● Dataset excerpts
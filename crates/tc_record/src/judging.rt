//! Whether columns spell the tokens of a record, judged without a token made.

ghost use Rattle.std.specs.Prelude.{◌≡◌, ◌∷◌, [], None, is_some, if◌then◌else◌, option_map};
ghost use Rattle.tc_record.specs.Walk.{walk, in_object, tokens_read, is_used_up as used_up};
ghost use Rattle.tc_record.specs.Moves.{label_moves, token_moves};
ghost use Rattle.tc_record.specs.WalkView.{columns_of, level_of, format_of};
ghost use Rattle.tc_record.specs.Stack.{stack_of};

use crate::nesting::Nesting;
use crate::reader::{Columns, Format, Level, name_in, piece_in};
use crate::tags::{CLOSE_TAG, OBJECT_TAG};

/// Whether tags and columns spell the tokens of an object, and nothing else.
pub(crate) fn has_tokens(tags: &[u8], format: Format, columns: Columns<'_>) -> bool
    ensures { result ≡ is_some (tokens_read (format_of format) tags.now (columns_of columns.entry)) }
{
    match tags {
        [] => false,
        [first, rest @ ..] => *first == OBJECT_TAG && has_further_tokens(rest, format, columns),
    }
}

/// Whether these are the tags behind the first one. What is open is made where it is used: moved, it is copied whole.
fn has_further_tokens(tags: &[u8], format: Format, columns: Columns<'_>) -> bool
    ensures { result ≡ is_some (walk (format_of format) tags.now (in_object None ∷ []) (columns_of columns.entry)) }
{
    let mut nesting = Nesting::in_object();
    let mut left = columns;
    for tag in tags {
        if !passes(format, *tag, &mut nesting, &mut left) {
            return false;
        }
    }
    nesting.depth == 0 && is_used_up(left)
}

/// Whether a token of this tag stands next, with what is open and the columns moved on. The parts are built into the
/// loop: a level or a slice that is handed over in memory costs more than all that is done with it.
#[inline(always)]
fn passes<'a>(format: Format, tag: u8, nesting: &mut Nesting<'a>, columns: &mut Columns<'a>) -> bool
    ensures { token_moves (format_of format) tag (stack_of nesting.old.levels nesting.old.depth) (columns_of columns.old) ≡ (if result then Some (stack_of nesting.new.levels nesting.new.depth, columns_of columns.new) else None) }
{
    if nesting.depth == 0 {
        return false;
    }
    if tag == CLOSE_TAG {
        nesting.depth -= 1;
        return true;
    }
    let place = nesting.depth - 1;
    match level_behind(format, nesting.levels[place], columns) {
        None => false,
        Some(behind) => {
            nesting.levels[place] = behind;
            match piece_in(tag, columns) {
                None => false,
                Some(piece) => nesting.open(piece),
            }
        }
    }
}

/// The level behind the label of a value that stands in a level.
#[inline(always)]
fn level_behind<'a>(
    format: Format,
    level: Level<'a>,
    columns: &mut Columns<'a>,
) -> Option<Level<'a>>
    ensures { label_moves (format_of format) (level_of level.entry) (columns_of columns.old) ≡ option_map (λ l. (level_of l, columns_of columns.new)) result }
{
    match level {
        Level::Array => Some(level),
        Level::Object => member_behind(format, None, columns),
        Level::Behind(last) => member_behind(format, Some(last), columns),
    }
}

/// The level of an object behind the label of its next member.
#[inline(always)]
fn member_behind<'a>(
    format: Format,
    last: Option<&'a str>,
    columns: &mut Columns<'a>,
) -> Option<Level<'a>>
    ensures { label_moves (format_of format) (in_object (option_map (λ n. n.now) last.entry)) (columns_of columns.old) ≡ option_map (λ l. (level_of l, columns_of columns.new)) result }
{
    if format.named {
        let name = name_in(last, columns)?;
        return Some(Level::Behind(name));
    }
    let _number = columns.slots.next()?;
    Some(Level::Object)
}

/// Whether nothing is left of the columns.
pub(crate) fn is_used_up(columns: Columns<'_>) -> bool
    ensures { result ≡ used_up (columns_of columns.entry) }
{
    columns.fixed.is_empty()
        && columns.lengths.is_empty()
        && columns.texts.is_empty()
        && columns.slots.is_empty()
        && columns.names.is_empty()
}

● TO DO
Every record is to be repeated exactly as written.

● EXERCISE ANSWER
filename crates/tc_record/src/judging.rt
//! Whether columns spell the tokens of a record, judged without a token made.

ghost use Rattle.std.specs.Prelude.{◌≡◌, ◌∷◌, [], None, is_some, if◌then◌else◌, option_map};
ghost use Rattle.tc_record.specs.Walk.{walk, in_object, tokens_read, is_used_up as used_up};
ghost use Rattle.tc_record.specs.Moves.{label_moves, token_moves};
ghost use Rattle.tc_record.specs.WalkView.{columns_of, level_of, format_of};
ghost use Rattle.tc_record.specs.Stack.{stack_of};

use crate::nesting::Nesting;
use crate::reader::{Columns, Format, Level, name_in, piece_in};
use crate::tags::{CLOSE_TAG, OBJECT_TAG};

/// Whether tags and columns spell the tokens of an object, and nothing else.
pub(crate) fn has_tokens(tags: &[u8], format: Format, columns: Columns<'_>) -> bool
    ensures { result ≡ is_some (tokens_read (format_of format) tags.now (columns_of columns.entry)) }
{
    match tags {
        [] => false,
        [first, rest @ ..] => *first == OBJECT_TAG && has_further_tokens(rest, format, columns),
    }
}

/// Whether these are the tags behind the first one. What is open is made where it is used: moved, it is copied whole.
fn has_further_tokens(tags: &[u8], format: Format, columns: Columns<'_>) -> bool
    ensures { result ≡ is_some (walk (format_of format) tags.now (in_object None ∷ []) (columns_of columns.entry)) }
{
    let mut nesting = Nesting::in_object();
    let mut left = columns;
    for tag in tags {
        if !passes(format, *tag, &mut nesting, &mut left) {
            return false;
        }
    }
    nesting.depth == 0 && is_used_up(left)
}

/// Whether a token of this tag stands next, with what is open and the columns moved on. The parts are built into the
/// loop: a level or a slice that is handed over in memory costs more than all that is done with it.
#[inline(always)]
fn passes<'a>(format: Format, tag: u8, nesting: &mut Nesting<'a>, columns: &mut Columns<'a>) -> bool
    ensures { token_moves (format_of format) tag (stack_of nesting.old.levels nesting.old.depth) (columns_of columns.old) ≡ (if result then Some (stack_of nesting.new.levels nesting.new.depth, columns_of columns.new) else None) }
{
    if nesting.depth == 0 {
        return false;
    }
    if tag == CLOSE_TAG {
        nesting.depth -= 1;
        return true;
    }
    let place = nesting.depth - 1;
    match level_behind(format, nesting.levels[place], columns) {
        None => false,
        Some(behind) => {
            nesting.levels[place] = behind;
            match piece_in(tag, columns) {
                None => false,
                Some(piece) => nesting.open(piece),
            }
        }
    }
}

/// The level behind the label of a value that stands in a level.
#[inline(always)]
fn level_behind<'a>(
    format: Format,
    level: Level<'a>,
    columns: &mut Columns<'a>,
) -> Option<Level<'a>>
    ensures { label_moves (format_of format) (level_of level.entry) (columns_of columns.old) ≡ option_map (λ l. (level_of l, columns_of columns.new)) result }
{
    match level {
        Level::Array => Some(level),
        Level::Object => member_behind(format, None, columns),
        Level::Behind(last) => member_behind(format, Some(last), columns),
    }
}

/// The level of an object behind the label of its next member.
#[inline(always)]
fn member_behind<'a>(
    format: Format,
    last: Option<&'a str>,
    columns: &mut Columns<'a>,
) -> Option<Level<'a>>
    ensures { label_moves (format_of format) (in_object (option_map (λ n. n.now) last.entry)) (columns_of columns.old) ≡ option_map (λ l. (level_of l, columns_of columns.new)) result }
{
    if format.named {
        let name = name_in(last, columns)?;
        return Some(Level::Behind(name));
    }
    let _number = columns.slots.next()?;
    Some(Level::Object)
}

/// Whether nothing is left of the columns.
pub(crate) fn is_used_up(columns: Columns<'_>) -> bool
    ensures { result ≡ used_up (columns_of columns.entry) }
{
    columns.fixed.is_empty()
        && columns.lengths.is_empty()
        && columns.texts.is_empty()
        && columns.slots.is_empty()
        && columns.names.is_empty()
}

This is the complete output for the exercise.